Source records
========

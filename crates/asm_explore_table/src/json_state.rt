//! States as JSON.
ghost use Rattle.std.specs.Prelude.{◌≡◌, ◌<◌, ◌++◌, All, Some, option_map, IfOk, IfSome, OnOk};
ghost use Rattle.asm_state.specs.Signature.{count_of, state_of};
ghost use Rattle.asm_state.specs.code.Contents.{IsStateOf};
ghost use Rattle.asm_syntax.specs.code.Views.{spec_of};
ghost use Rattle.asm_check.specs.Shapes.{shape_of};
ghost use Rattle.asm_run.specs.Trace.{location_text};
ghost use Rattle.asm_run.specs.Written.{names_in};
ghost use Rattle.asm_explore_table.specs.JsonRows.{location_member, state_json, state_member};
ghost use Rattle.asm_explore_table.specs.JsonTexts.{member_text};
ghost use Rattle.asm_explore_table.specs.Tables.{numbered};
ghost use Rattle.asm_explore_table.specs.code.JsonParts.{IsKeyed, key_text, locations_in, more_members};

use crate::json_texts::{push_separator, push_string};
use crate::json_values::push_value_json;
use asm_check::Checked;
use asm_run::locations::{push_function, push_location};
use asm_state::location::Location;
use asm_state::state::State;
use std::alloc::{AllocError, Global};

/// A location whose values are shown, and what stands before each of them.
#[derive(Drop)]
pub(crate) struct JsonColumn {
    pub(crate) location: usize,
    pub(crate) key: Vec<u8>,
}

/// How the location with this number is written.
fn location_name(alloc: Global, checked: &Checked, n: usize) -> Result<Vec<u8>, AllocError>
    requires { n < count_of (shape_of (spec_of checked.now.spec)) }
    ensures { let s = spec_of checked.now.spec in IfOk result (λ name. name.items ≡ location_text (names_in s) (numbered s n)) }
{
    let location = checked.signature().location(alloc, n)?;
    let mut name = Vec::new(alloc);
    match &location {
        Location::Stray { function } => push_function(&mut name, checked, *function)?,
        Location::Proper {
            function,
            arguments,
        } => push_location(&mut name, checked, *function, arguments.as_slice())?,
    }
    Ok(name)
}

/// What stands before the values of the location with this number.
fn key(alloc: Global, checked: &Checked, n: usize) -> Result<Vec<u8>, AllocError>
    requires { n < count_of (shape_of (spec_of checked.now.spec)) }
    ensures { IfOk result (λ key. key.items ≡ key_text (spec_of checked.now.spec) n) }
{
    let name = location_name(alloc, checked, n)?;
    let mut key = Vec::new(alloc);
    push_string(&mut key, name.as_slice())?;
    key.extend_from_slice(b":")?;
    Ok(key)
}

/// Columns of the locations with these numbers.
pub(crate) fn json_columns(
    alloc: Global,
    checked: &Checked,
    shown: &[usize],
) -> Result<Vec<JsonColumn>, AllocError>
    requires { All (λ n. n < count_of (shape_of (spec_of checked.now.spec))) shown.now }
    ensures keyed { IfOk result (λ columns. All (IsKeyed (spec_of checked.now.spec)) columns.items) }
    ensures locations { IfOk result (λ columns. locations_in columns.items ≡ shown.now) }
{
    let mut columns = Vec::new(alloc);
    for k in 0..shown.len() {
        let key = key(alloc, checked, shown[k])?;
        columns.push(JsonColumn {
            location: shown[k],
            key,
        })?;
    }
    Ok(columns)
}

/// Adds the value of a location, behind what stands before it.
fn push_content(
    out: &mut Vec<u8>,
    text: &mut Vec<u8>,
    checked: &Checked,
    column: &JsonColumn,
    state: &State,
) -> Result<(), AllocError>
    requires column { IsKeyed (spec_of checked.now.spec) column.now }
    requires state { IsStateOf (shape_of (spec_of checked.now.spec)) state.now }
    ensures { let s = spec_of checked.now.spec in
        OnOk result (out.new.items ≡ out.old.items ++ member_text (location_member s (state_of (shape_of s) state.now) column.now.location)) }
{
    out.extend_from_slice(column.key.as_slice())?;
    push_value_json(out, text, checked, state.content(column.location))
}

/// Adds the values of the columns in a state as an object.
fn push_state(
    alloc: Global,
    out: &mut Vec<u8>,
    checked: &Checked,
    columns: &[JsonColumn],
    state: &State,
) -> Result<(), AllocError>
    requires columns { All (IsKeyed (spec_of checked.now.spec)) columns.now }
    requires state { IsStateOf (shape_of (spec_of checked.now.spec)) state.now }
    ensures { let s = spec_of checked.now.spec in
        OnOk result (out.new.items ≡ out.old.items ++ state_json s (locations_in columns.now) (state_of (shape_of s) state.now)) }
{
    let mut text = Vec::new(alloc);
    out.extend_from_slice(b"{")?;
    for k in 0..columns.len() {
        push_separator(out, k == 0)?;
        push_content(out, &mut text, checked, &columns[k], state)?;
    }
    out.extend_from_slice(b"}")
}

/// Adds a state as a member of a row.
pub(crate) fn push_state_member(
    alloc: Global,
    out: &mut Vec<u8>,
    checked: &Checked,
    columns: &[JsonColumn],
    state: &State,
) -> Result<(), AllocError>
    requires columns { All (IsKeyed (spec_of checked.now.spec)) columns.now }
    requires state { IsStateOf (shape_of (spec_of checked.now.spec)) state.now }
    ensures { let s = spec_of checked.now.spec in
        OnOk result (out.new.items ≡ out.old.items ++ more_members (state_member s (locations_in columns.now) (Some (state_of (shape_of s) state.now)))) }
{
    out.extend_from_slice(b",\"state\":")?;
    push_state(alloc, out, checked, columns, state)
}

/// Adds the state after a step as a member of its row, unless the run ends in the step.
pub(crate) fn push_state_after(
    alloc: Global,
    out: &mut Vec<u8>,
    checked: &Checked,
    columns: &[JsonColumn],
    after: &Option<State>,
) -> Result<(), AllocError>
    requires columns { All (IsKeyed (spec_of checked.now.spec)) columns.now }
    requires after { IfSome after.now (IsStateOf (shape_of (spec_of checked.now.spec))) }
    ensures { let s = spec_of checked.now.spec in
        OnOk result (out.new.items ≡ out.old.items ++ more_members (state_member s (locations_in columns.now) (option_map (state_of (shape_of s)) after.now))) }
{
    match after {
        Some(state) => push_state_member(alloc, out, checked, columns, state),
        None => Ok(()),
    }
}
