//! A step of a run, as a row of its table shows it.
ghost use Rattle.std.specs.Prelude.{◌≡◌, List, IfOk, IfSome, option_map};
ghost use Rattle.asm_state.specs.Signature.{Shape, state_of};
ghost use Rattle.asm_state.specs.code.Contents.{IsStateOf};
ghost use Rattle.asm_state.specs.declared.value.Value.{Value};
ghost use Rattle.asm_meaning.specs.Yields.{Result as Yielded};
ghost use Rattle.asm_step.specs.code.Steps.{Comes, HasMainRule, shape_in, specification_in};
ghost use Rattle.asm_explore_table.specs.Rows.{led, row_of};
ghost use Rattle.asm_explore_table.specs.code.StepsMade.{row_said, situation};

use asm_eval::Choices;
use asm_explore::{ChoicePoint, choices_of_step};
use asm_reader::Picks;
use asm_state::laws::test_laws;
use asm_state::state::State;
use asm_step::{ResolvedSpecification, Step, make_step};
use std::alloc::{AllocError, Global};

/// What a step asks, and the state that it leads to, unless the run ends in it.
#[derive(Drop)]
pub(crate) struct StepRow {
    pub(crate) asked: Vec<ChoicePoint>,
    pub(crate) next: Option<State>,
}

impl StepRow {
    /// The state that the step leads to, unless the run ends in it.
    pub(crate) fn into_next(self) -> Option<State>
        ensures { result ≡ self.next }
    {
        let StepRow { asked, next } = self;
        drop(asked);
        next
    }
}

/// The state that a step leads to, unless the run ends in it.
fn next_of(made: Step) -> Option<State>
    ensures { (shape : Shape) (yields : Yielded) (old : List Value) → IsStateOf shape old → Comes shape yields old made →
        IfSome result (IsStateOf shape) × (option_map (state_of shape) result ≡ led (state_of shape old) yields) }
{
    test_laws();
    match made {
        Step::Next(next) => Some(next),
        Step::Faulty(_) => None,
        Step::Exhausted(_) => None,
    }
}

/// The step with this number of the run under a script, from the state that it begins in.
pub(crate) fn step_row<P: Picks>(
    alloc: Global,
    resolved: &ResolvedSpecification<'_>,
    script: &P,
    step: u64,
    state: &State,
) -> Result<StepRow, AllocError>
    requires main { HasMainRule resolved.now }
    requires state { IsStateOf (shape_in resolved.now) state.now }
    ensures state { IfOk result (λ row. IfSome row.next (IsStateOf (shape_in resolved.now))) }
    ensures is { let m = resolved.now in
        IfOk result (λ row. row_said (shape_in m) state.now row ≡ row_of (specification_in m) m.turns (state_of (shape_in m) state.now) (situation (P.script script.now) step)) }
{
    let choices = Choices { script, step };
    let (checked, code, turns) = (resolved.checked, resolved.code, resolved.turns);
    let asked = choices_of_step(alloc, checked, code, turns, &choices, state)?;
    let made = make_step(alloc, resolved, &choices, state)?;
    let next = next_of(made);
    Ok(StepRow { asked, next })
}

========

**Assignment**
Check each line of the records for the word "HasMainRule", and show the lines that contain it.

**Answer to the exercise**
ghost use Rattle.asm_step.specs.code.Steps.{Comes, HasMainRule, shape_in, specification_in};
    requires main { HasMainRule resolved.now }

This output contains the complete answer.